Als Ergebnis dieser beiden Fahrten befindet Spirit sich jetzt an einem Punkt, welcher knapp südlich der Stelle liegt, an welcher der Rover im November 2009 seine „Befreiungsfahrt“ begann. Bei diesen Manövern hat Spirit sich leicht entgegen dem Uhrzeigersinn gedreht, was zur Folge hatte, dass sich das linke Hinterrad etwas vom Rand des Scamander-Kraters weg bewegt hat. Gleichzeitig hat sich die Vorderseite des Rovers zu diesem Krater hin bewegt. Die bisher übermittelten Telemetriedaten und Bilder des Rovers zeigen, dass sich die Neigung von Spirit in Richtung auf die Sonne verändert hat, was jetzt eine bessere Energieausbeute zur Folge haben sollte. Die Fortsetzung der Fahrt ist für den 18. Januar 2010 geplant.

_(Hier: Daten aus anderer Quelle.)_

// Modules are reached recursively, as deep as modules import one another: at most 2,047 levels.
// What a level does apart from its imports isn't inlined, so that a level takes little of the
// stack.
impl<B: Backend> Maker<'_, B> {
    // Preprocesses a module.
    #[inline(never)]
    fn preprocess(&self, of: &Registered) -> Result<PreprocessOutput, Unreached>
        ensures { let d = definition_of of.now in
            let defs = defs_in self.now in
            let done = preprocess_module defs d (preprocessed_of (defined defs) d) in
            Reaches output_of result self.now (done (builds_in self.now)) }
    {
        match self.builder.preprocessed(of, &self.defs) {
            Ok(output) => Ok(output),
            Err(inner) => {
                let unbuilt = Unbuilt { inner, offset: 0 };
                Err(Unreached::unbuilt(self.builder.alloc, of.name.as_str(), unbuilt))
            }
        }
    }

    // Builds a module over the builds that it imports, keeps the build under a key, and enters it.
    #[inline(never)]
    fn enter_build(
        &mut self,
        of: &Registered,
        output: &PreprocessOutput,
        key: Key,
    ) -> Result<(), Unreached>
        requires { of.now.module_index ≤ max_modules }
        ensures entered { let s = settings_by B.front self.old in
            let d = definition_of of.now in
            let built = build s d (output_of output.now) (builds_in self.old) in
            Reaches (λ done. done) result self.new (enter_build d.name built (builds_in self.old)) }
        ensures kept { let s = settings_by B.front self.old in
            let d = definition_of of.now in
            let built = build s d (output_of output.now) (builds_in self.old) in
            KeepsBuild result (key_of key) built (kept_in self.old) (kept_in self.new) }
        ensures refused { OnErr result (builds_in self.new ≡ builds_in self.old) }
        ensures rest { BuildsMore self.old self.new }
    {
        let (alloc, name) = (self.builder.alloc, of.name.as_str());
        let built = match self.builder.build(of, output) {
            Ok(built) => built,
            Err(unbuilt) => return Err(Unreached::unbuilt(alloc, name, unbuilt)),
        };
        let built = Arc::new(alloc, built)?;
        keep(&mut self.store, key, built.clone()?)?;
        Ok(enter(alloc, &mut self.builder.builds, name, built)?)
    }

    // Why an import isn't allowed by a rule, or `None` if it is.
    #[inline(never)]
    fn refuse(&self, rule: Rule<'_>, import: &Use) -> Option<Unreached>
        ensures { let allowed = rule_of (modules_in self.now) (defs_in self.now) rule.entry in
            RefusesBy allowed (use_of import.now) result }
    {
        let name = import.definition().import.as_str();
        let (allowed, offset) = match rule {
            Rule::Any => (true, 0),
            Rule::Recorded(of) => (of.may_import(name), 0),
            Rule::Merged => (may_use(import, self.modules, &self.defs), import.offset()),
        };
        if allowed {
            return None;
        }
        Some(Unreached::missing(self.builder.alloc, name, offset))
    }

    /// Reaches imported modules in order, if a rule allows them. They are looked up among the
    /// modules from a place of the registry on.
    #[cycle(ensure)]
    pub(crate) fn ensure_each(
        &mut self,
        rule: Rule<'_>,
        uses: &[Use],
        from: usize,
    ) -> Result<(), Unreached>
        requires { IsReady B.front self.old from }
        ensures reached { let s = settings_by B.front self.old in
            let ds = modules_in self.old in
            let defs = defs_in self.old in
            let reaching = unless_built (reach s defs (drop from ds)) in
            let each = reach_each (rule_of ds defs rule.entry) reaching (map use_of uses.now) in
            Reaches (λ done. done) result self.new (each (builds_in self.old)) }
        ensures keeps { KeepsMore B.front unreached_of result self.old self.new }
        ensures rest { BuildsMore self.old self.new }
    {
        for import in uses {
            if let Some(why) = self.refuse(rule, import) {
                return Err(why);
            }
            self.ensure(import.definition().import.as_str(), from)?;
        }
        Ok(())
    }

    // Reaches what a kept build imports, and enters the build. Only what isn't kept is built.
    #[cycle(ensure)]
    fn ensure_kept(
        &mut self,
        of: &Registered,
        place: usize,
        kept: Arc<Build>,
    ) -> Result<(), Unreached>
        requires ready { IsReady B.front self.old (place + 1) }
        requires at { slice_get (modules_in self.old) place ≡ Some (definition_of of.now) }
        requires found { let key = key_under (definition_of of.now) (defs_in self.old) in
            kept_under (kept_in self.old) key ≡ Some (built_of (arc_value kept)) }
        ensures reached { let s = settings_by B.front self.old in
            let defs = defs_in self.old in
            let reaching = unless_built (reach s defs (drop (place + 1) (modules_in self.old))) in
            let done = reach_module s defs (definition_of of.now) reaching in
            Reaches (λ done. done) result self.new (done (builds_in self.old)) }
        ensures keeps { KeepsMore B.front unreached_of result self.old self.new }
        ensures rest { BuildsMore self.old self.new }
    {
        let imports = kept.imports.as_slice();
        for import in imports {
            self.ensure(import.import.as_str(), place + 1)?;
        }
        let (alloc, name) = (self.builder.alloc, of.name.as_str());
        Ok(enter(alloc, &mut self.builder.builds, name, kept)?)
    }

    // Builds a module, after the modules that it imports, which have to be recorded of its text or
    // listed in addition to it.
    #[cycle(ensure)]
    fn ensure_built(&mut self, of: &Registered, place: usize, key: Key) -> Result<(), Unreached>
        requires ready { IsReady B.front self.old (place + 1) }
        requires at { slice_get (modules_in self.old) place ≡ Some (definition_of of.now) }
        requires key { key_of key ≡ key_under (definition_of of.now) (defs_in self.old) }
        ensures reached { let s = settings_by B.front self.old in
            let defs = defs_in self.old in
            let reaching = unless_built (reach s defs (drop (place + 1) (modules_in self.old))) in
            let done = reach_module s defs (definition_of of.now) reaching in
            Reaches (λ done. done) result self.new (done (builds_in self.old)) }
        ensures keeps { KeepsMore B.front unreached_of result self.old self.new }
        ensures rest { BuildsMore self.old self.new }
    {
        let output = self.preprocess(of)?;
        self.ensure_each(Rule::Recorded(of), &output.imports, place + 1)?;
        self.enter_build(of, &output, key)
    }

    // Reaches a module, which is looked up from a place of the registry on: unless it was built in
    // this make, or its build is kept, it is built, after the modules that it imports.
    #[cycle(ensure)]
    fn ensure(&mut self, name: &str, from: usize) -> Result<(), Unreached>
        requires { IsReady B.front self.old from }
        ensures reached { let ds = modules_in self.old in
            let reaching = reach (settings_by B.front self.old) (defs_in self.old) (drop from ds) in
            let done = unless_built reaching name.now in
            Reaches (λ done. done) result self.new (done (builds_in self.old)) }
        ensures keeps { KeepsMore B.front unreached_of result self.old self.new }
        ensures rest { BuildsMore self.old self.new }
    {
        if self.builder.builds.contains_key(name) {
            return Ok(());
        }
        let modules = self.modules;
        let Some((place, of)) = modules.following(name, from) else {
            return Err(Unreached::missing(self.builder.alloc, name, 0));
        };
        let key = project(self.builder.alloc, of, &self.defs)?;
        match kept_build(&self.store, &key)? {
            Some(kept) => self.ensure_kept(of, place, kept),
            None => self.ensure_built(of, place, key),
        }
    }
}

Sollte es den Mitarbeitern des JPL nicht gelingen, Spirit mit diesen rückwärtigen Bewegungen in eine Position zu manövrieren, welche dessen Überleben während des Marswinters wahrscheinlicher erscheinen lässt, so gibt es bereits Überlegungen, zu unkonventionelleren Methoden zu greifen. Eine in Betracht gezogene Möglichkeit besteht zum Beispiel darin, den an der Vorderseite des Rovers montierten und eigentlich nicht für solche Operationen ausgelegten Instrumentenarm dazu zu benutzen, Bodenmaterial vor dem linken Vorderrad des Rovers zu bewegen und so eine befahrbare Trasse zu schaffen.
Das Risiko eines solchen eventuellen Manövers besteht allerdings darin, dass hierbei mechanische Belastungen auftreten, welche den Instrumentenarm dauerhaft beschädigen könnten. Da an diesem Arm neben dem Mikroskop und einem Gesteinsbohrer auch zwei Spektrometer befestigt sind, könnte dies den Ausfall dieser Instrumente bedeuten. Ohne diese Messinstrumente verliert Spirit jedoch einen Großteil seines wissenschaftlichen Wertes. Ein eventuelles „Okay“ der für die Mission verantwortlichen Mitarbeiter des JPL für ein derartiges Manöver wäre somit als wahrscheinlich wirklich letzter Ausweg aus einer ansonsten hoffnungslosen Situation zu betrachten.